Eon zieht Bilanz für erneuerbare Energien

20 Prozent des Stroms sind sauber

Schwalm-Eder. Die Energiewende ist im Landkreis deutlich zu sehen. An vielen Stellen glitzern Solaranlagen auf den Dächern. Eon Mitte und der Verband „Naturkraft Region Knüll“ zogen im Boglerhaus in Schwarzenborn jetzt Bilanz. 2012 wurden im Schwalm-Eder-Kreis 1200 Solaranlagen installiert. Im Jahr zuvor waren es 1500, 2009 noch 1100. Insgesamt stammen nun 20 Prozent des Stroms aus erneuerbaren Energien.

Für das kommende Jahr werden ebenso viele neue Anlagen erwartet wie in den Jahren zuvor. Auch wenn die Einspeisevergütung gesunken sei, gingen doch gleichzeitig auch die Preise für die Anlagen zurück. So lohne sich die Investition wieder, erklärte Thomas Keil, Leiter des Eon-Regionalzentrums Mitte.
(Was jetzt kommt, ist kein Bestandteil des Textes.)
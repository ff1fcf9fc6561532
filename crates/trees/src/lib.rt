// The list of a tree's nodes, eight bytes each, and the tree area that is laid out from it.
#![tactic(auto)]

ghost use Rattle.std.specs.Prelude.{◌≡◌, ◌+◌, ◌-◌, ◌*◌, ◌<◌, ◌≤◌, length};
ghost use Rattle.trees.specs.Area.{slot_size, max_slots, area_size, tag_space, slot_bytes, header_bytes, Area, parent_place, next_place};
ghost use Rattle.base.specs.Bytes.{byte_at, get16, put16};
ghost use Rattle.base.specs.Filled.{Filled};
ghost use Rattle.trees.specs.Coded.{node_size, node_bytes, node_at, nodes_from, arity_in};
ghost use Rattle.trees.specs.Nodes.{build, Fed};
ghost use Rattle.trees.specs.Listing.{in_slot, Put};
ghost use Rattle.trees.specs.Slots.{Slotted};
ghost use Rattle.trees.specs.Adopting.{adopted, Reach};
ghost use Rattle.trees.specs.Laying.{Ready, Lays};
ghost use Rattle.trees.specs.Spread.{Spread};

pub const NODE_SIZE: usize = 8;

pub const SLOT_SIZE: usize = 16;

pub const HEADER_SIZE: usize = 16;

pub const MAX_SLOTS: usize = 1000;

// How many areas a work area has room for.
pub const WORK_AREAS: usize = 3;

// The marks of a header and of a used slot, two bytes each.
pub const TREE_MARK: u8 = 0x54;

pub const TREE_MARK_END: u8 = 0x52;

pub const NODE_MARK: u8 = 0x4E;

pub const NODE_MARK_END: u8 = 0x44;

// Where a header has the root slot, the number of used slots, that of tokens, and zeros.
pub const ROOT_PLACE: usize = 2;

pub const USED_PLACE: usize = 4;

pub const TOKENS_PLACE: usize = 6;

pub const HEADER_SPARE: usize = 8;

// Where a used slot has its symbol and production, its parent, first child and next sibling, its tag, and zeros.
pub const SYMBOL_PLACE: usize = 2;

pub const PRODUCTION_PLACE: usize = 3;

pub const PARENT_PLACE: usize = 4;

pub const FIRST_PLACE: usize = 6;

pub const NEXT_PLACE: usize = 8;

pub const TAG_PLACE: usize = 10;

pub const SPARE_PLACE: usize = 14;

// A node: its slot, its symbol and production (0 for a leaf, as document 01's slots have it), and its tag (0 unless a leaf).
#[derive(Clone, Copy, Debug, Default, PartialEq, Eq)]
pub struct Node {
    pub slot: u16,
    pub symbol: u8,
    pub production: u8,
    pub tag: u32,
}

// Node i, counted from 0. A read beyond the end gives 0.
pub fn node_at(nodes: &[u8], i: usize) -> Node
    ensures { result ≡ node_at nodes.now i }
{
    if nodes.len() / NODE_SIZE < i {
        return Node::default();
    }
    let at = NODE_SIZE * i;
    Node {
        slot: base::get16(nodes, at + 2) as u16,
        symbol: base::byte_at(nodes, at) as u8,
        production: base::byte_at(nodes, at + 1) as u8,
        tag: base::get32(nodes, at + 4) as u32,
    }
}

// The same inside the list: one bound for all, so that they are read at once.
pub fn node_in(nodes: &[u8], i: usize) -> Node
    requires { node_size * i + node_size ≤ length nodes.now }
    ensures { result ≡ node_at nodes.now i }
{
    let at = NODE_SIZE * i;
    Node {
        slot: base::two(nodes, at + 2) as u16,
        symbol: nodes[at],
        production: nodes[at + 1],
        tag: base::four(nodes, at + 4) as u32,
    }
}

// One field of `node_at`, as a number to compute with.
pub fn symbol_of(nodes: &[u8], i: usize) -> usize
    ensures { (result ≡ (node_at nodes.now i).symbol) × (result < 256) }
{
    usize::from(node_at(nodes, i).symbol)
}

pub fn production_of(nodes: &[u8], i: usize) -> usize
    ensures { (result ≡ (node_at nodes.now i).production) × (result < 256) }
{
    usize::from(node_at(nodes, i).production)
}

pub fn slot_of(nodes: &[u8], i: usize) -> usize
    ensures { (result ≡ (node_at nodes.now i).slot) × (result < 65536) }
{
    usize::from(node_at(nodes, i).slot)
}

// Writes `src` from `at` on.
fn put_bytes(w: &mut [u8], at: usize, src: &[u8])
    requires { at + length src.now ≤ length w.old }
    ensures { Filled (byte_at src.now) at (length src.now) w.old w.new }
{
    w[at..at + src.len()].copy_from_slice(src);
}

// The bytes of a node, of its slot and of a header are three layouts, each written out.
fn node_bytes(node: Node) -> [u8; NODE_SIZE]
    ensures { result ≡ node_bytes node }
{
    let [slot, slot_high] = node.slot.to_le_bytes();
    let [tag, tag_1, tag_2, tag_3] = node.tag.to_le_bytes();
    [
        node.symbol,
        node.production,
        slot,
        slot_high,
        tag,
        tag_1,
        tag_2,
        tag_3,
    ]
}

// Writes node i.
pub fn put_node(nodes: &mut [u8], i: usize, node: Node)
    requires { node_size * i + node_size ≤ length nodes.old }
    ensures { Put nodes.old i node nodes.new }
{
    put_bytes(nodes, NODE_SIZE * i, &node_bytes(node));
}

// Gives node i another slot.
pub fn set_slot(nodes: &mut [u8], i: usize, slot: usize)
    requires { (node_size * i + node_size ≤ length nodes.old) × (slot < 65536) }
    ensures { Put nodes.old i (in_slot slot (node_at nodes.old i)) nodes.new }
{
    base::put_two(nodes, NODE_SIZE * i + 2, slot);
}

// The bytes of a node's slot with no parent.
fn slot_bytes(node: Node, first: u16, next: u16) -> [u8; SLOT_SIZE]
    ensures { result ≡ slot_bytes node.symbol node.production 0 first next node.tag }
{
    let [first, first_high] = first.to_le_bytes();
    let [next, next_high] = next.to_le_bytes();
    let [tag, tag_1, tag_2, tag_3] = node.tag.to_le_bytes();
    [
        NODE_MARK,
        NODE_MARK_END,
        node.symbol,
        node.production,
        0,
        0,
        first,
        first_high,
        next,
        next_high,
        tag,
        tag_1,
        tag_2,
        tag_3,
        0,
        0,
    ]
}

// Writes a node's slot, with no parent.
fn put_slot(area: &mut [u8], node: Node, first: u16, next: u16)
    requires { slot_size * node.slot + slot_size ≤ length area.old }
    ensures { Slotted area.old node.slot (slot_bytes node.symbol node.production 0 first next node.tag) area.new }
{
    put_bytes(
        area,
        SLOT_SIZE * usize::from(node.slot),
        &slot_bytes(node, first, next),
    );
}

// Sets the parent of slot s, and answers its next sibling.
fn hang(area: &mut [u8], s: u16, parent: u16) -> u16
    requires { slot_size * s + slot_size ≤ length area.old }
    ensures { (area.new ≡ put16 area.old (slot_size * s + parent_place) parent) × (result ≡ get16 area.new (slot_size * s + next_place)) }
{
    let at = SLOT_SIZE * usize::from(s);
    base::put_two(area, at + PARENT_PLACE, usize::from(parent));
    base::two(area, at + NEXT_PLACE) as u16
}

// Sets the parent of k trees, the first one at `head`, cuts the last one from the tree behind it, and answers that tree's slot.
fn adopt(area: &mut [u8], parent: u16, head: u16, k: usize) -> u16
    requires { (0 < k) × Reach area.old (k - 1) head }
    ensures { (area.new ≡ (adopted parent (k - 1) area.old head).bytes) × (result ≡ (adopted parent (k - 1) area.old head).next) }
{
    let mut s = head;
    for _ in 1..k {
        s = hang(area, s, parent);
    }
    let next = hang(area, s, parent);
    base::put_two(area, SLOT_SIZE * usize::from(s) + NEXT_PLACE, 0);
    next
}

// Lays out a node before the trees that stand in the area, the first one at `head`.
fn lay_node(node: Node, rows: &[u8], head: u16, area: &mut [u8])
    requires { (slot_size * node.slot + slot_size ≤ length area.old) × Ready (arity_in rows.now) node head area.old }
    ensures { Lays (arity_in rows.now) node head area.old area.new }
{
    let (k, tag) = if node.production == 0 {
        (0, node.tag)
    } else {
        (
            grammar::length_at(rows, usize::from(node.production) - 1),
            0,
        )
    };
    let (first, next) = if k == 0 {
        (0, head)
    } else {
        (head, adopt(area, node.slot, head, k))
    };
    put_slot(area, Node { tag, ..node }, first, next);
}

fn header_bytes(root: u16, used: u16, tokens: u16) -> [u8; HEADER_SIZE]
    ensures { result ≡ header_bytes root used tokens }
{
    let [root, root_high] = root.to_le_bytes();
    let [used, used_high] = used.to_le_bytes();
    let [tokens, tokens_high] = tokens.to_le_bytes();
    [
        TREE_MARK,
        TREE_MARK_END,
        root,
        root_high,
        used,
        used_high,
        tokens,
        tokens_high,
        0,
        0,
        0,
        0,
        0,
        0,
        0,
        0,
    ]
}

fn put_header(area: &mut [u8], root: u16, used: u16, tokens: u16)
    requires { slot_size ≤ length area.old }
    ensures { Slotted area.old 0 (header_bytes root used tokens) area.new }
{
    put_bytes(area, 0, &header_bytes(root, used, tokens));
}

// Writes the whole area of the tree whose n nodes are listed: the last node first, so that a node's children stand before it.
// The number stands beside the bytes: the theorems of the callers speak of `nodes_from nodes n 0`, and other bytes follow.
pub fn lay_out(nodes: &[u8], n: usize, rows: &[u8], slots: usize, area: &mut [u8])
    requires { (slots ≤ max_slots) × (n ≤ slots) × (node_size * n ≤ length nodes.now) × (length area.old ≡ area_size slots) × Spread slots (nodes_from nodes.now n 0) × Fed (arity_in rows.now) (nodes_from nodes.now n 0) }
    ensures { Area slots (build (arity_in rows.now) (nodes_from nodes.now n 0)) area.new }
{
    area.fill(0);
    let mut head = 0;
    let mut tokens = 0;
    for i in (0..n).rev() {
        let node = node_in(nodes, i);
        lay_node(node, rows, head, area);
        head = node.slot;
        tokens += u16::from(node.production == 0);
    }
    put_header(area, head, n as u16, tokens);
}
Bis 2020 sollen 35 Prozent des Stroms aus erneuerbaren Energien kommen, erklärte Dr. Brigitte Buhse, Geschäftsführerin der Naturkraft Region, die gesetzlichen Vorgaben. Bis 2050 sollen 80 Prozent des gesamten Strombedarfs aus erneuerbaren Energien stammen. Die Eon will dies mit mehr Windkraftanlagen erreichen. Ziel sei es, zwei Prozent der Landfläche mit Windkraft auszustatten, etwa entlang der Autobahnen und der Bahngleise.

Stromnetz wird stärker

Für Schwarzenborns Bürgermeister Jürgen Kaufmann vom Vorstand der Naturkraft Region ist ein weiterer Ausbau möglich. Wenn man den demografischen Wandel mit einrechne, sinke der Stromverbrauch gleichzeitig.

Für die Eon heißt das: Das Stromnetz muss verstärkt werden, weil die Ansprüche steigen. Seit 2009 wurden 1,5 Millionen Euro im Landkreis für den Ausbau der Netze investiert, um größere Windräder und Photovoltaikanlagen an das Netz anzuschließen.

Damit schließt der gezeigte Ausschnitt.